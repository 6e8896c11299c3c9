ghost use Rattle.std.specs.Prelude.{◌↔◌, IsTrue};
ghost use Rattle.std.specs.Option.{ForSome};
ghost use Rattle.index_intervals.specs.Bounds.{IsIndex};

use crate::args::number_or_none;
use crate::parts::{bounds, dims, interval};
use case_lines::{Fault, integer, member, told};
use index_intervals::{Interval, around_all, is_index};
use serde_json::Value;
use std::alloc::Global;

pub(crate) fn answer(alloc: Global, call: &str, v: &Value) -> Result<String, Fault> {
    if call == "new" {
        return told(alloc, &bounds(member(v, "of")?)?);
    }
    if call == "around_all" {
        return around(alloc, member(v, "of")?);
    }
    let of = interval(v, "of")?;
    match call {
        "contains" => told(alloc, &of.contains(integer(v, "x")?)),
        "effective" => told(alloc, &of.effective()),
        "meet" => told(alloc, &of.meet(&interval(v, "and")?)),
        "around" => told(alloc, &of.around(&interval(v, "and")?)),
        "has_index" => told(alloc, &of.has_index()),
        "size" => size(alloc, &of),
        "shift" => told(alloc, &of.shift(integer(v, "by")?)),
        "strided" => strided(alloc, &of, integer(v, "by")?),
        "slice" => slice(alloc, &of, v),
        _ => Err(Fault::Line),
    }
}

fn around(alloc: Global, v: &Value) -> Result<String, Fault> {
    let dims = dims(alloc, v)?;
    told(alloc, &around_some(&dims)?)
}

fn around_some(dims: &[Interval]) -> Result<Interval, Fault> {
    if dims.is_empty() {
        return Err(Fault::Line);
    }
    Ok(around_all(dims))
}

fn size(alloc: Global, of: &Interval) -> Result<String, Fault> {
    if !of.is_finite() {
        return Err(Fault::Line);
    }
    told(alloc, &of.size())
}

fn strided(alloc: Global, of: &Interval, by: i64) -> Result<String, Fault> {
    if !is_index(by.into()) {
        return Err(Fault::Line);
    }
    told(alloc, &of.strided(by))
}

fn is_part(part: Option<i64>) -> bool
    ensures { IsTrue result ↔ ForSome part IsIndex }
{
    match part {
        None => true,
        Some(x) => is_index(x.into()),
    }
}

fn slice(alloc: Global, of: &Interval, v: &Value) -> Result<String, Fault> {
    let start = number_or_none(v, "start")?;
    let stop = number_or_none(v, "stop")?;
    let step = integer(v, "step")?;
    if !is_part(start) || !is_part(stop) || !is_index(step.into()) {
        return Err(Fault::Line);
    }
    told(alloc, &of.slice(start, stop, step))
}
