// The arguments of a call by their places, and those that may be missing.
use case_lines::Fault;
use serde_json::Value;

// A number, or none where the line has no such member.
pub(crate) fn number_or_none(v: &Value, name: &str) -> Result<Option<i64>, Fault> {
    match v.get(name) {
        Some(found) => Ok(Some(found.as_i64().ok_or(Fault::Line)?)),
        None => Ok(None),
    }
}

pub(crate) fn number_at(v: &Value, place: usize) -> Result<i64, Fault> {
    v.get(place).ok_or(Fault::Line)?.as_i64().ok_or(Fault::Line)
}

pub(crate) fn flag_at(v: &Value, place: usize) -> Result<bool, Fault> {
    let found = v.get(place).ok_or(Fault::Line)?;
    found.as_bool().ok_or(Fault::Line)
}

---*---

What you need to do: Exactly as written, repeat the lines from the start of the listing through the line containing "fn strided(alloc: Global, of: &Interval, by: i64)", both included.

Answer box:
repository 6e8896c11299c3c9
ghost use Rattle.std.specs.Prelude.{◌↔◌, IsTrue};
ghost use Rattle.std.specs.Option.{ForSome};
ghost use Rattle.index_intervals.specs.Bounds.{IsIndex};

use crate::args::number_or_none;
use crate::parts::{bounds, dims, interval};
use case_lines::{Fault, integer, member, told};
use index_intervals::{Interval, around_all, is_index};
use serde_json::Value;
use std::alloc::Global;

pub(crate) fn answer(alloc: Global, call: &str, v: &Value) -> Result<String, Fault> {
    if call == "new" {
        return told(alloc, &bounds(member(v, "of")?)?);
    }
    if call == "around_all" {
        return around(alloc, member(v, "of")?);
    }
    let of = interval(v, "of")?;
    match call {
        "contains" => told(alloc, &of.contains(integer(v, "x")?)),
        "effective" => told(alloc, &of.effective()),
        "meet" => told(alloc, &of.meet(&interval(v, "and")?)),
        "around" => told(alloc, &of.around(&interval(v, "and")?)),
        "has_index" => told(alloc, &of.has_index()),
        "size" => size(alloc, &of),
        "shift" => told(alloc, &of.shift(integer(v, "by")?)),
        "strided" => strided(alloc, &of, integer(v, "by")?),
        "slice" => slice(alloc, &of, v),
        _ => Err(Fault::Line),
    }
}

fn around(alloc: Global, v: &Value) -> Result<String, Fault> {
    let dims = dims(alloc, v)?;
    told(alloc, &around_some(&dims)?)
}

fn around_some(dims: &[Interval]) -> Result<Interval, Fault> {
    if dims.is_empty() {
        return Err(Fault::Line);
    }
    Ok(around_all(dims))
}

fn size(alloc: Global, of: &Interval) -> Result<String, Fault> {
    if !of.is_finite() {
        return Err(Fault::Line);
    }
    told(alloc, &of.size())
}

fn strided(alloc: Global, of: &Interval, by: i64) -> Result<String, Fault> {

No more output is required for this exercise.